And from the Dept. of You Can’t Make This Up, we have a report from The Times of India of a judgment rendered by a court in Delhi, identified as the Delhi High Court.
Some Indian analogue to PETA had freed a bunch of birds from the cages in which a bird merchant was keeping them. Legal proceedings ensued (the report doesn’t make very clear whether civil or criminal, and by whom initiated and against whom). A trial court had directed that at least some of the birds be released back to the merchant from whom “liberated,” and the animal rights folks had sought an injunction barring that release. [I’m curious how the birds, who had after all been freed from their cages, were re-captured so as to be released back to the merchant in the first place. I mean, if I’m a bird kept locked up and someone comes along and pops open the door to my cage, my country ass it outta there. You couldn’t, as an old judge friend of mine says, find me with a search warrant.]
The animal rights group appealed that portion of the trial court’s action, and the appellate court bit down on their argument in toto, in language that seems alarmingly over-broad for a society which has some difficulty feeding itself. Justice Manmohan Singh allowed: “I am clear in mind that all the birds have fundamental rights to fly in the sky and all human beings have no right to keep them in small cages for the purposes of their business or otherwise.” Really? “All birds” have a “fundamental right” to fly “in the sky” and humans have “no right” to keep them for any “purpose” (how else can you read the “otherwise” in that sentence?). “This court is of the view that running the trade of birds is in violation of the rights of the birds. They deserve sympathy. Nobody is caring as to whether they have been inflicted cruelty or not despite a settled law that birds have a fundamental right to fly and cannot be caged and will have to be set free in the sky.”

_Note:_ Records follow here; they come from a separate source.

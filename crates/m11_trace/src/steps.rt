//! Steps with trace lines.

ghost use Rattle.std.specs.Prelude.{◌≡◌, ◌≤◌, ◌+◌, ◌++◌, [], OnOk, length};
ghost use Rattle.m11_cpu.specs.Messages.{PutsMessages};
ghost use Rattle.m11_cpu.specs.Runs.{run_counted};
ghost use Rattle.m11_cpu_machine.specs.Dialogue.{Does, both, output_of};
ghost use Rattle.m11_cpu_machine.specs.Memory.{bytes_of, most_words};
ghost use Rattle.m11_cpu_machine.specs.Steps.{step};
ghost use Rattle.m11_trace.specs.Changes.{HaveSameWords, CopyMatches, memory_changes};
ghost use Rattle.m11_trace.specs.Known.{known_of};
ghost use Rattle.m11_trace.specs.Lines.{line_end, line_with};
ghost use Rattle.m11_trace.specs.Shots.{shot_of};
ghost use Rattle.m11_trace.specs.Stepping.{StepsWithLines};
ghost use Rattle.m11_trace.specs.Taken.{line_from};

use crate::changes::{copy_words, put_changes};
use crate::ending::Ending;
use crate::ends::put_end;
use crate::known::Known;
use crate::line::put_text;
use crate::lines::line_front;
use crate::recent::{Recent, keep};
use crate::shots::{Shot, counter_of, fetched_at, view_of};
use crate::stops::{CountedAddress, Stops, count_down, is_due};
use crate::watches::{Watch, count_changes, look, stopping_address};
use m11_base::{Feed, Sink};
use m11_cpu::{Machine, Memory, SimFault, Stop, Turn};

/// The outcome of traced steps.
#[derive(Clone, Copy)]
pub(crate) struct Steps {
    /// Why the steps ended.
    pub ending: Ending,
    /// How many steps were begun.
    pub count: u32,
}

// Makes one step, and records what its trace line shows.
fn record_step<I: Feed, O: Sink>(
    machine: &mut Machine,
    input: &mut I,
    output: &mut O,
) -> (Turn, Shot)
    ensures does { Does (step machine.old)
        (both (I.text input.old) (I.faults input.old) (O.text output.old) (O.faults output.old))
        (both (I.text input.new) (I.faults input.new) (O.text output.new) (O.faults output.new))
        (result.0, machine.new) }
    ensures shot { result.1 ≡ shot_of machine.old machine.new }
{
    let fetched = fetched_at(machine.memory(), counter_of(machine));
    let before = view_of(machine);
    let turn = machine.step(input, output);
    let shot = Shot {
        fetched,
        before,
        later: view_of(machine),
    };
    (turn, shot)
}

// Copies the memory if the next step is the first that has a trace line, since changes by earlier steps aren't shown.
fn ready(first: u32, count: u32, before: &mut [u16], memory: &Memory)
    requires { length before.old ≡ most_words }
    ensures size { length before.new ≡ most_words }
    ensures same { first ≤ count + 1 → CopyMatches first count before.old memory.now → HaveSameWords (bytes_of before.new) memory.now }
{
    if count == first.saturating_sub(1) {
        copy_words(before, memory);
    }
}

// Writes the memory words that a step changed and the end of its trace line, and updates the copy of the memory in `before`.
fn put_rest<M: Sink>(
    messages: &mut M,
    known: Known<'_>,
    shot: &Shot,
    before: &mut [u16],
    memory: &Memory,
) -> Result<(), SimFault>
    requires { length before.old ≡ most_words }
    ensures puts { PutsMessages (M.text messages.old) (M.text messages.new) (M.faults messages.old) (M.faults messages.new)
        (memory_changes (bytes_of before.old) memory.now ++ line_end (known_of known.entry) shot.now) result }
    ensures size { length before.new ≡ most_words }
    ensures same { OnOk result (HaveSameWords (bytes_of before.new) memory.now) }
{
    put_changes(messages, before, memory)?;
    put_end(messages, known, shot)
}

// Writes the trace line of a step, and updates the copy of the memory in `before`.
fn put_line<M: Sink>(
    messages: &mut M,
    known: Known<'_>,
    number: u32,
    shot: &Shot,
    before: &mut [u16],
    memory: &Memory,
) -> Result<(), SimFault>
    requires { length before.old ≡ most_words }
    ensures puts { PutsMessages (M.text messages.old) (M.text messages.new) (M.faults messages.old) (M.faults messages.new)
        (line_with (known_of known.entry) number shot.now (memory_changes (bytes_of before.old) memory.now)) result }
    ensures size { length before.new ≡ most_words }
    ensures same { OnOk result (HaveSameWords (bytes_of before.new) memory.now) }
{
    put_text(messages, line_front(known.symbols, number, shot).as_slice())?;
    put_rest(messages, known, shot, before, memory)
}

// Writes the trace line of a step, and updates the copy of the memory in `before`, if the step's number is `first` or more.
fn put_line_from<M: Sink>(
    messages: &mut M,
    known: Known<'_>,
    first: u32,
    number: u32,
    shot: &Shot,
    before: &mut [u16],
    memory: &Memory,
) -> Result<(), SimFault>
    requires { length before.old ≡ most_words }
    ensures puts { PutsMessages (M.text messages.old) (M.text messages.new) (M.faults messages.old) (M.faults messages.new)
        (line_from first number (line_with (known_of known.entry) number shot.now (memory_changes (bytes_of before.old) memory.now))) result }
    ensures size { length before.new ≡ most_words }
    ensures same { OnOk result (CopyMatches first number before.new memory.now) }
{
    if first > number {
        return Ok(());
    }
    put_line(messages, known, number, shot, before, memory)
}

/// Makes at most `limit` steps, up to a stop of the machine or one of `stops`, and writes a trace line for each step whose number is
/// `first` or more, with what is `known` of addresses. `before` has room for a copy of the memory, which is made before the first step that has
/// a line and updated with each line. `waiting` has the breakpoints, whose counts are lowered as the program counter reaches them;
/// `watches` has room for the watched words. `recent` then has the last steps. Allocates no memory.
///
/// Error: `Write`, if a line couldn't be written whole. No step is made after that.
pub(crate) fn steps_with_lines<I: Feed, O: Sink, M: Sink>(
    machine: &mut Machine,
    limit: u32,
    known: Known<'_>,
    first: u32,
    stops: &Stops,
    waiting: &mut [CountedAddress],
    watches: &mut [Watch],
    before: &mut [u16],
    recent: &mut Recent,
    input: &mut I,
    output: &mut O,
    messages: &mut M,
) -> Result<Steps, SimFault>
    requires waiting { waiting.old ≡ stops.now.breakpoints.items }
    requires room { length watches.old ≡ length stops.now.watched.items }
    requires none { recent.old.items ≡ [] }
    requires size { length before.old ≡ most_words }
    ensures { StepsWithLines (λ most. run_counted most machine.old) limit (known_of known.entry) first recent.old.capacity stops.now machine.old machine.new
        (both (I.text input.old) (I.faults input.old) (O.text output.old) (O.faults output.old))
        (both (I.text input.new) (I.faults input.new) (O.text output.new) (O.faults output.new))
        (output_of (M.text messages.old) (M.faults messages.old)) (output_of (M.text messages.new) (M.faults messages.new))
        recent.new.items result }
{
    let mut count = 0;
    look(watches, stops.watched.as_slice(), machine.memory());
    'steps: while count < limit {
        let address = counter_of(machine);
        if is_due(waiting, address) {
            return Ok(Steps {
                ending: Ending::Reached,
                count,
            });
        }
        count_down(waiting, address);
        ready(first, count, before, machine.memory());
        let (turn, shot) = record_step(machine, input, output);
        count += 1;
        put_line_from(
            messages,
            known,
            first,
            count,
            &shot,
            before,
            machine.memory(),
        )?;
        keep(recent, shot);
        match turn {
            Turn::Next => {
                if let Some(address) = stopping_address(watches, machine.memory()) {
                    return Ok(Steps {
                        ending: Ending::Changed(address),
                        count,
                    });
                }
                count_changes(watches, machine.memory());
            }
            Turn::Stopped(stop) => {
                return Ok(Steps {
                    ending: Ending::Stopped(stop),
                    count,
                });
            }
        }
    }
    Ok(Steps {
        ending: Ending::Stopped(Stop::Limit),
        count,
    })
}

The breadth of that statement would sweep in chickens, geese, ducks, or any other bird raised for food or for their eggs. According to Justice Singh, even keeping your chickens in a hen-house with an outdoor run enclosed by fencing would violate the birds’ “fundamental right” to fly “in the sky.” The full opinion isn’t quoted in the article, but if the decision had turned on a law proscribing the birds’ being in the possession of the merchant — such as American federal law which criminalizes such private possession or trade (and I actually had a client once who’d recently been enlarged from Club Fed for precisely that offense) — you’d think the court would have mentioned it and the article likewise. But there’s none of that, but rather only the categorical announcement of a “settled law” establishing a “fundamental right” to fly in the unrestricted “sky.” The specific source for the right is not cited in the article, so I wonder whether it’s in India’s constitution or some statute somewhere, although the judge’s invocation of a “settled law” is a pretty strong clue that he’s just making it up as he goes along, the South Asian variant of black robe fever being presumably indistinguishable from its American strain.
Wow. I mean, just wow. Eating beef is severely constrained in India by reason of religious scruple. Pork is considered by a sizable proportion of the population to be unclean, likewise on religious grounds. And now an appellate court has decided that the only practicable way to keep domestic birds for eggs or food is as a proposition of “fundamental right” impermissible? I guess the population living near the ocean or near rivers can fish, if the water’s not too polluted. But what are the rest of India’s one billion-plus population to do for animal protein in their diet?
I guess it shouldn’t surprise us that Indian judges are just as susceptible to silliness as our own.